1. It's the little things that kill — or at least that's what Bush singer Gavin Rossdale claimed. (And he's married to Gwen Stefani, who's gorgeous, so we should probably trust his judgment, right?)

Rossdale is correct, at least when it comes to fantasy football. To wit: On the play that likely ended Matt Forté's regular season, Bears TE Matt Spaeth whiffed on an attempted block of Chiefs ILB Derrick Johnson, who then connected with Forté's knee on the tackle. Forté sprained his MCL on the play and is expected to be out for at least a couple of weeks. Spaeth's failure to get low on his attempt to block Johnson, who ducked Spaeth as he made his approach toward Forté, not only led to the injury but also prevented a big gain. Forté was headed outside, toward the near sideline, and there wouldn't have been a Kansas City defender anywhere in his path had Johnson not foiled the play. A run of 40 or more yards was a distinct possibility. Who knows? Forté might have been able to take it the distance for a 92-yard TD. Forté himself told the Chicago Tribune later on that the play would have gone for a big gain if Spaeth had executed his block.

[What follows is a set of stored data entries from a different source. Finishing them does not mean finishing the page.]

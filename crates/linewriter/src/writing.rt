//! Writing lines into a page.
#![tactic(auto, using(crate::proofs::Lengths::lines_short))]

ghost use Rattle.std.specs.Prelude.{◌≡◌, ◌+◌, ◌<◌, ◌≤◌, ◌++◌, length, take, OnOk, IsErr};
ghost use Rattle.linewriter.specs.Counting.{open_answer};
ghost use Rattle.linewriter.specs.Lines.{file_line, frame_line, key_line, line_of, totals_line};
ghost use Rattle.linewriter.specs.Pages.{Adds, page_size, written};

use crate::page::{Full, Page};
use crate::totals::Totals;
use framing::{OpenRefusal, Opened};
use itoa::Buffer;

// A size as a number that a line tells. There is no `From` between the two types.
fn of_size(size: usize) -> u64
    ensures { result ≡ size }
{
    size as u64
}

impl Page {
    // The line of a file with a fault: the fault's number and its place.
    pub fn file_line(&mut self, number: u32, place: usize) -> Result<(), Full>
        ensures adds { Adds result (file_line number place) self.old self.new }
        ensures short { length (file_line number place) ≤ 60 }
    {
        self.write_line(&[
            ("file refused ", u64::from(number)),
            (" at ", of_size(place)),
        ])
    }

    // The line of a key that is refused, with the refusal's number.
    pub fn key_line(&mut self, number: u32) -> Result<(), Full>
        ensures adds { Adds result (key_line number) self.old self.new }
        ensures short { length (key_line number) ≤ 40 }
    {
        self.write_line(&[("key refused ", u64::from(number))])
    }

    // The line of a frame, by what its open answered.
    pub fn frame_line(
        &mut self,
        slot: u32,
        answer: &Result<Opened, OpenRefusal>,
    ) -> Result<(), Full>
        ensures adds { Adds result (frame_line slot (open_answer answer.now)) self.old self.new }
        ensures short { length (frame_line slot (open_answer answer.now)) ≤ 80 }
    {
        let slot = ("slot ", u64::from(slot));
        match *answer {
            Ok(Opened { len, mended }) => {
                let len = of_size(len);
                match mended {
                    None => self.write_line(&[slot, (" opened ", len)]),
                    Some(place) => {
                        self.write_line(&[slot, (" mended ", len), (" at ", of_size(place))])
                    }
                }
            }
            Err(refusal) => self.write_line(&[slot, (" refused ", u64::from(refusal.number()))]),
        }
    }

    // The last line: how many frames gave each sort of line.
    pub fn totals_line(&mut self, totals: &Totals) -> Result<(), Full>
        ensures adds { Adds result (totals_line totals.now.opened totals.now.mended totals.now.refused) self.old self.new }
        ensures short { length (totals_line totals.now.opened totals.now.mended totals.now.refused) ≤ 90 }
    {
        self.write_line(&[
            ("opened ", of_size(totals.opened)),
            (" mended ", of_size(totals.mended)),
            (" refused ", of_size(totals.refused)),
        ])
    }

    // Writes a line of words with a number behind each, whole or not at all. Not by `write!`: its clause says nothing of what a
    // page holds where it refuses.
    fn write_line(&mut self, parts: &[(&str, u64)]) -> Result<(), Full>
        ensures { Adds result (line_of parts.now) self.old self.new }
    {
        let before = self.bytes.len();
        let result = self.write_parts(parts);
        if result.is_err() {
            self.bytes.truncate(before);
        }
        result
    }

    // Writes such a line as far as the page has room.
    fn write_parts(&mut self, parts: &[(&str, u64)]) -> Result<(), Full>
        ensures wrote { OnOk result (written self.new ≡ written self.old ++ line_of parts.now) }
        ensures full { IsErr result → page_size < length (written self.old) + length (line_of parts.now) }
        ensures kept { take (length (written self.old)) (written self.new) ≡ written self.old }
    {
        let mut figures = Buffer::new();
        for &(words, number) in parts {
            self.append(words.as_bytes())?;
            self.append(figures.format(number).as_bytes())?;
        }
        self.append(b"\n")
    }
}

This isn't meant as a swipe at Spaeth, even though I'm a Forté owner. Spaeth is a good-blocking tight end, and it's not that easy for someone who's 6-foot-7 to wipe out a defender who goes low the way Johnson did. But that single missed block turned a potential big gain into a potentially season-ending injury, and it affected outcomes in thousands of fantasy leagues across the country — not just in Week 13 but for the balance of the fantasy season.

The little things indeed.

 

2. Regrets, I have a few.

I passed on the chance to see Eric Clapton, Stevie Ray Vaughan and Robert Cray in a triple-bill show at Alpine Valley in Wisconsin so that I could go to a party that a certain girl was going to be attending. Stevie Ray died in a helicopter crash after the show, and I never got to see him play live. I didn't get the girl, either.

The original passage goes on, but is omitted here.